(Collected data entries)
-- Opening Marker --

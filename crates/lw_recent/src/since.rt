ghost use Rattle.std.specs.Iterator.{YieldsFirst, item_count};

use crate::entry::Entry;
use std::marker::Model;

/// The places under the numbers above one, as `Recent::since` says.
#[derive(Drop)]
pub struct Since<'a> {
    pub(crate) entries: &'a [Entry],
}

impl<'a> Model for Since<'a> {
    ghost use Rattle.std.specs.Prelude.{ℕ, List};
    ghost use Rattle.lw_recent.specs.Entries.{places_in};

    ghost Value = { List ℕ };

    ghost view = { λ since. places_in since.entries.now };
}

impl<'a> Iterator for Since<'a> {
    type Item = u32;

    ghost next_gives = { YieldsFirst (λ since. since) };

    ghost remaining = { item_count (λ since. since) };

    fn next(&mut self) -> Option<u32> {
        while let Some((first, rest)) = self.entries.split_first() {
            self.entries = rest;
            if let Some(place) = first.place {
                return Some(place);
            }
        }
        None
    }
}
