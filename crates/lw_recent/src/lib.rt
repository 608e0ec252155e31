//! Places, each under the number that it took when it moved last.
//!
//! A place takes another number without memory.
#![tactic(auto)]

mod entry;
mod recent;
mod since;

pub use recent::Recent;
pub use since::Since;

-- Closing Marker --

Nothing but the lines from the top of the records down to the line with "impl<'a> Iterator for" belongs in the answer; repeat them exactly.

- _Reply to the exercise_:
filename crates/lw_recent/src/since.rt
ghost use Rattle.std.specs.Iterator.{YieldsFirst, item_count};

use crate::entry::Entry;
use std::marker::Model;

/// The places under the numbers above one, as `Recent::since` says.
#[derive(Drop)]
pub struct Since<'a> {
    pub(crate) entries: &'a [Entry],
}

impl<'a> Model for Since<'a> {
    ghost use Rattle.std.specs.Prelude.{ℕ, List};
    ghost use Rattle.lw_recent.specs.Entries.{places_in};

    ghost Value = { List ℕ };

    ghost view = { λ since. places_in since.entries.now };
}

impl<'a> Iterator for Since<'a> {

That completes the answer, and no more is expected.